▶
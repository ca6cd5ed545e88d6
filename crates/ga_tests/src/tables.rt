//! Tables that threads share, and numbers of items.

ghost use Rattle.std.specs.Prelude.{◌≡◌, ◌+◌, ◌*◌, ◌<◌, ◌≤◌, ◌-◌, ◌^◌, ℕ, [], length, slice_index_or, sum_by};
ghost use Rattle.ga_base.specs.declared.counts.TheConstants.{LIMIT};
ghost use Rattle.ga_counts.specs.Counts.{tally_at};

use ga_base::{NoMemory, Noted, Steps};
use ga_counts::{CountClosed, CountSeat, CountTable};
use ga_pairs::{Insert, PairClosed, PairSeat, PairSet};
use ga_pool::{DrawSeat, Draws};
use ga_shards::{Dictionary, Numbering, number};
use std::alloc::Global;
use std::sync::ledger::Ledger;
use std::thread::Threads;

/// A table of sums and maxima.
pub fn open_counts(
    alloc: Global,
    words: u32,
    maxima: u32,
    shares: u32,
    allowance: u64,
) -> Result<(CountTable, CountSeat), NoMemory>
    requires some { 1 ≤ shares }
    requires limit { allowance ≤ 3 * LIMIT }
{
    CountTable::open(alloc, words, maxima, shares, allowance)
}

/// Adds to a sum.
pub fn add(counts: &CountTable, seat: &mut CountSeat, word: u32, n: u64)
    requires table { seat.old.table ≡ counts.now.table }
    requires word { word < counts.now.opening.words }
    requires allowance { tally_at word seat.old.view + n ≤ seat.old.view.allowance }
{
    counts.add(seat, word, n)
}

/// Raises a maximum.
pub fn raise(counts: &CountTable, seat: &mut CountSeat, place: u32, n: u64)
    requires table { seat.old.table ≡ counts.now.table }
    requires place { place < counts.now.opening.maxima }
{
    counts.raise(seat, place, n)
}

/// A seat of a part of the shares.
pub fn split_counts(
    counts: &CountTable,
    seat: &mut CountSeat,
    share: u32,
    allowance: u64,
) -> CountSeat
    requires table { seat.old.table ≡ counts.now.table }
    requires some { 1 ≤ share }
    requires share { share < seat.old.view.share }
    requires allowance { (word : ℕ) → tally_at word seat.old.view + allowance ≤ seat.old.view.allowance }
{
    counts.split(seat, share, allowance)
}

/// A seat with another's shares.
pub fn join_counts(counts: &CountTable, seat: &mut CountSeat, other: CountSeat)
    requires table { seat.old.table ≡ counts.now.table }
    requires other { other.table ≡ counts.now.table }
{
    counts.join(seat, other)
}

/// The table, closed.
pub fn close_counts(counts: CountTable, seat: CountSeat) -> CountClosed
    requires table { seat.table ≡ counts.table }
    requires whole { seat.view.share ≡ counts.opening.shares }
{
    counts.close(seat)
}

/// A sum of it.
pub fn sum(closed: &CountClosed, word: u32) -> u64
    requires { word < length closed.now.sums }
{
    closed.sum(word)
}

/// A maximum of it.
pub fn maximum(closed: &CountClosed, place: u32) -> u64
    requires { place < length closed.now.maxima }
{
    closed.maximum(place)
}

/// A set of pairs.
pub fn open_pairs(
    alloc: Global,
    cells: u32,
    allowance: u32,
    shares: u32,
) -> Result<(PairSet, PairSeat), NoMemory>
    requires room { allowance < cells }
    requires some { 1 ≤ shares }
{
    PairSet::open(alloc, cells, allowance, shares)
}

/// Claims a pair.
pub fn insert<L: Ledger>(
    pairs: &PairSet,
    seat: &mut PairSeat,
    key: u32,
    visitor: u32,
    steps: &mut Steps<L>,
) -> Insert
    requires table { seat.old.table ≡ pairs.now.table }
    requires allowance { 1 ≤ seat.old.claims.allowance }
    requires key { key < 2 ^ 32 - 1 }
    requires visitor { visitor < 2 ^ 32 - 1 }
{
    pairs.insert(seat, key, visitor, steps)
}

/// Whether a pair was claimed by this seat, and not by another before.
pub fn is_won(insert: Insert) -> bool {
    match insert {
        Insert::Won => true,
        Insert::Present => false,
    }
}

/// A seat of a part of the shares.
pub fn split_pairs(pairs: &PairSet, seat: &mut PairSeat, share: u32, allowance: u32) -> PairSeat
    requires table { seat.old.table ≡ pairs.now.table }
    requires some { 1 ≤ share }
    requires share { share < seat.old.claims.share }
    requires allowance { allowance ≤ seat.old.claims.allowance }
{
    pairs.split(seat, share, allowance)
}

/// A seat with another's shares.
pub fn join_pairs(pairs: &PairSet, seat: &mut PairSeat, other: PairSeat)
    requires table { seat.old.table ≡ pairs.now.table }
    requires other { other.table ≡ pairs.now.table }
{
    pairs.join(seat, other)
}

/// The set, closed.
pub fn close_pairs(pairs: PairSet, seat: PairSeat) -> PairClosed
    requires table { seat.table ≡ pairs.table }
    requires whole { seat.claims.share ≡ pairs.opening.shares }
{
    pairs.close(seat)
}

/// The number of its pairs, and of its cells.
pub fn sizes(closed: &PairClosed) -> (u64, u32) {
    (closed.len(), closed.cells())
}

/// The word of a cell.
pub fn word(closed: &PairClosed, at: u32) -> u64
    requires { at < length closed.now }
{
    closed.word(at)
}

/// Draws of pieces.
pub fn open_draws(alloc: Global, shares: u32, allowance: u64) -> Result<(Draws, DrawSeat), NoMemory>
    requires { 1 ≤ shares }
{
    Draws::open(alloc, shares, allowance)
}

/// Draws a piece.
pub fn draw(draws: &Draws, seat: &mut DrawSeat) -> u64
    requires table { seat.old.table ≡ draws.now.table }
    requires allowance { 1 ≤ seat.old.view.allowance }
{
    draws.draw(seat)
}

/// A seat of a part of the shares.
pub fn split_draws(draws: &Draws, seat: &mut DrawSeat, share: u32, allowance: u64) -> DrawSeat
    requires table { seat.old.table ≡ draws.now.table }
    requires some { 1 ≤ share }
    requires share { share < seat.old.view.share }
    requires allowance { allowance ≤ seat.old.view.allowance }
{
    draws.split(seat, share, allowance)
}

/// A seat with another's shares.
pub fn join_draws(draws: &Draws, seat: &mut DrawSeat, other: DrawSeat)
    requires table { seat.old.table ≡ draws.now.table }
    requires other { other.table ≡ draws.now.table }
{
    draws.join(seat, other)
}

/// A copy of an item.
pub fn copy<T: Noted>(item: &T) -> Result<T, NoMemory> {
    item.copy()
}

/// A dictionary of no item.
pub fn dictionary<T: Noted + Drop>(alloc: Global) -> Dictionary<T> {
    Dictionary::new(alloc)
}

/// Notes an item.
pub fn note<T: Noted + Drop>(items: &mut Dictionary<T>, item: T) -> Result<u32, NoMemory>
    requires { length items.old < 2 ^ 32 - 2 }
{
    items.note(item)
}

/// The number of items.
pub fn len<T: Noted + Drop>(items: &Dictionary<T>) -> u32 {
    items.len()
}

/// The item at a place.
pub fn item<T: Noted + Drop>(items: &Dictionary<T>, local: u32) -> &T
    requires { local < length items.now }
{
    items.item(local)
}

/// Numbers the items of dictionaries.
pub fn numbering<R: Threads + Sync, T: Noted + Drop>(
    rt: &R,
    alloc: Global,
    dictionaries: &[Dictionary<T>],
    shards: u32,
) -> Result<Numbering<T>, NoMemory>
    requires some { 1 ≤ shards }
    requires fits { sum_by (λ items. length items) dictionaries.now < 2 ^ 32 - 1 }
{
    number(rt, alloc, dictionaries, shards)
}

/// The number of different items.
pub fn numbers<T: Noted + Drop>(numbers: &Numbering<T>) -> u32 {
    numbers.len()
}

/// The item of a number.
pub fn numbered<T: Noted + Drop>(numbers: &Numbering<T>, number: u32) -> &T
    requires { number < length numbers.now.items }
{
    numbers.item(number)
}

/// The number of an item of a dictionary.
pub fn number_of<T: Noted + Drop>(numbers: &Numbering<T>, dictionary: u32, local: u32) -> u32
    requires dictionary { dictionary < length numbers.now.numbers }
    requires local { local < length (slice_index_or numbers.now.numbers dictionary []) }
{
    numbers.of(dictionary, local)
}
◀
What is required:
Search the listing for "Noted" and copy each line holding it.

Exercise answer:
use ga_base::{NoMemory, Noted, Steps};
pub fn copy<T: Noted>(item: &T) -> Result<T, NoMemory> {
pub fn dictionary<T: Noted + Drop>(alloc: Global) -> Dictionary<T> {
pub fn note<T: Noted + Drop>(items: &mut Dictionary<T>, item: T) -> Result<u32, NoMemory>
pub fn len<T: Noted + Drop>(items: &Dictionary<T>) -> u32 {
pub fn item<T: Noted + Drop>(items: &Dictionary<T>, local: u32) -> &T
pub fn numbering<R: Threads + Sync, T: Noted + Drop>(
pub fn numbers<T: Noted + Drop>(numbers: &Numbering<T>) -> u32 {
pub fn numbered<T: Noted + Drop>(numbers: &Numbering<T>, number: u32) -> &T
pub fn number_of<T: Noted + Drop>(numbers: &Numbering<T>, dictionary: u32, local: u32) -> u32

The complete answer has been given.